Wilson recommends requesting feedback about the quality and perception of your work product. “Do you get kudos and accolades and feedback when you turn in assignments, or do you get no responses?” she asks. “If you don’t get a response, that could mean that someone is frustrated with your work but they didn’t let you know about it, or it could just mean that they’re too busy. We don’t know. You have to ask.” She cautions against waiting for review time to hear what your managers think of you; instead, she advocates checking in and saying something like, “I’ve been noticing that I’ve contributed some ideas, but I feel like I’m unable to break through. Maybe you’re not that excited when I present my work. Can you provide some feedback so I can learn, so I can grow, so I can edit?”

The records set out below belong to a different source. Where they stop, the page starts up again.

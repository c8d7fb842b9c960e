ghost use Rattle.std.specs.Prelude.{◌≡◌, IfOk};
ghost use Rattle.drill_parts.specs.Draws.{behind, drawn, next, publish_from, publishes};

use nsq_base::Memory;
use std::alloc::Global;

/// A publish of a drill.
#[derive(Clone, Copy)]
pub struct Publish {
    /// Its number, from 0 on. A run of the first epoch gives the message the id of this number.
    pub number: u32,
    /// The number of its topic, 0 to 3.
    pub topic: u8,
    /// How many bytes its body has, 1 to 200.
    pub length: u32,
}

/// So many publishes, drawn from this seed: each by two draws of the generator.
pub fn draw(alloc: Global, seed: u64, count: u32) -> Result<Vec<Publish>, Memory>
    ensures { IfOk result (λ all. all.items ≡ publishes seed count) }
{
    let mut all = Vec::new(alloc);
    let mut state = seed;
    let mut number = 0;
    while number < count {
        all.push(publish_from(state, number))?;
        state = next(next(state));
        number += 1;
    }
    Ok(all)
}

// The publish of this number, by the two draws from this state on.
fn publish_from(state: u64, number: u32) -> Publish
    ensures { result ≡ publish_from state number }
{
    let first = next(state);
    let second = next(first);
    Publish {
        number,
        topic: (drawn(first) % 4) as u8,
        length: (drawn(second) % 200) as u32 + 1,
    }
}

// The state of the generator behind one draw.
fn next(state: u64) -> u64
    ensures { result ≡ next state }
{
    state
        .wrapping_mul(6_364_136_223_846_793_005)
        .wrapping_add(1_442_695_040_888_963_407)
}

// The number that is drawn where the generator comes to this state.
fn drawn(state: u64) -> u64
    ensures { result ≡ drawn state }
{
    state >> 33
}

Expand Your Search For Cues And Clues

But direct feedback about your work may not be enough to help you progress if you’re not simultaneously responding to other environmental cues. The best way to pick up clues is to be around people and make an effort, says Wilson. This may mean going to the office sometimes, even if you prefer working remotely. Rather than delaying until someone invites you in, reach out and ask for brief meetings or check-ins.

Wilson acknowledges that establishing personal relationships at work can take time and may even create some discomfort if, for example, your office culture includes social events and you prefer not to go. Take these chances to bond with coworkers and show that you’re truly part of the team; it’s in these more relaxed environments that you may learn workplace information and insights that wouldn’t otherwise be shared with you but which help you to move up.

Try Reproducing Others’ Successes

Observe closely what happens with coworkers’ careers and reverse-engineer their successes if you aren’t seeing the same progress for yourself. “If you see someone else getting promoted every year, then you know that could be you too,” Wilson says. “So you want to figure out what they’re doing and you can start doing what they’re doing.” She recommends going back to the basics: doing good work, asking for feedback and building a network to help you find prospects to bring back to your company.

“There are no shortcuts,” she warns, so “if you want to go for the big jobs,” it’s important to invest in yourself outside your workplace by seeking out professional development on your own time. “If you just go to work and go home, not only are you not going to move up,” she says, but “you might not be there that long because you’re not acquiring the information and skills to be a stronger deliverer and a better person.”

Workplace norms and expectations can be opaque to anyone, and even more so for Black women who have had less opportunity. Wilson’s advice for rigorous self-assessment, self-development and outreach gives you the best shot at navigating the business environment and creating career success.